All of the prisoners were given five to ten minutes a day to use the bathroom. As a result of the excessive heat, a minimum of five prisoners would lose control and faint every day.

On the eighth day, the guards came and tried to fix the light. They also tried to raise our rations from two to three pieces of bread per day and brought us an additional half a liter of water to drink from the river each day.

But, still, the total amount of water we were getting was not enough to drink and wash our hands and other body parts.

Please help fund Ethiopia Insight’s coverage

When someone fell seriously ill, we would knock on the door, which would get the guards angry. When we beg, saying that someone was about to die, they would mock us and reply: “What is the big deal with your death? Your corpse will be sent to your family.”

Among us were prisoners who recently went through serious medical operations that required a doctor’s visit. There were also people with chronic conditions like high blood pressure and anemia. Detainees were also contracting diseases such as typhoid, typhus, and malaria.

Impact on family

The other major challenge during this period was related to our families’ status. The moment we were arrested, every employee’s salary was halted. Many prisoners’ families almost collapsed financially: they had nothing to pay for rent, for children’s school, and for many other essential expenses.

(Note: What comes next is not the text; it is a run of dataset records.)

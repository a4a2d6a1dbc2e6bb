// What the definitions say.
ghost use Rattle.kc_slabs.specs.Laws.{ShownStand, SoundIsOfAll};

use kc_found::know_places;
use kc_list::know_lists;
use kc_slab_scan::{know_cpus, know_scans};

/// Does nothing. Each word that is shown stands in the dump, at the place that is shown; and where slabs are sound, the page of each frame is
/// no slab of the caches, or a whole one.
pub fn know_slabs()
    ensures stand { ShownStand }
    ensures sound { SoundIsOfAll }
{
    know_places();
    know_lists();
    know_scans();
    know_cpus();
}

The only source of income for my family was my salary. For three months, my wife had difficulty paying for groceries to feed herself and my two children, to cover rent, and pay my son’s school fee. My son was very depressed as his teachers were picking on him to pay. The fact that my wife was lactating mom made things even worse.

My children were crying daily asking for their father. My 8 years old son kept nagging his mom about my whereabouts and was not convinced by any of her excuses such as that I went out of town for work.

She finally had to tell him the truth, but he couldn’t really comprehend her explanation. The depression he was going through as a result of all this was very intense that it concerned his classmates and teachers. A clever student who always did great in school, his performance was severely affected.

At one point he lost hope and said to this mom, “I think my dad is never coming back!” My wife fainted when she heard this. Luckily, her sister was around and comforted everyone.

My second, 1-year-old son was also crying every day asking for his dad. Medical intervention was needed to make sure the constant crying doesn’t lead to something more serious.

I learned about all these hardships my family went through after being finally released in late January following the Tigray forces’ withdrawal from most parts of Amhara and Afar; many of the detainees were also released around the same time.

I now have an eye problem as the lack of sunlight in the darkroom we were locked in has affected my sight. I can’t go outside of the house without having a sunglass and a hat on. The lack of shower during my detention has also made my skin develop bad skin rashes and allergies that I am now suffering from.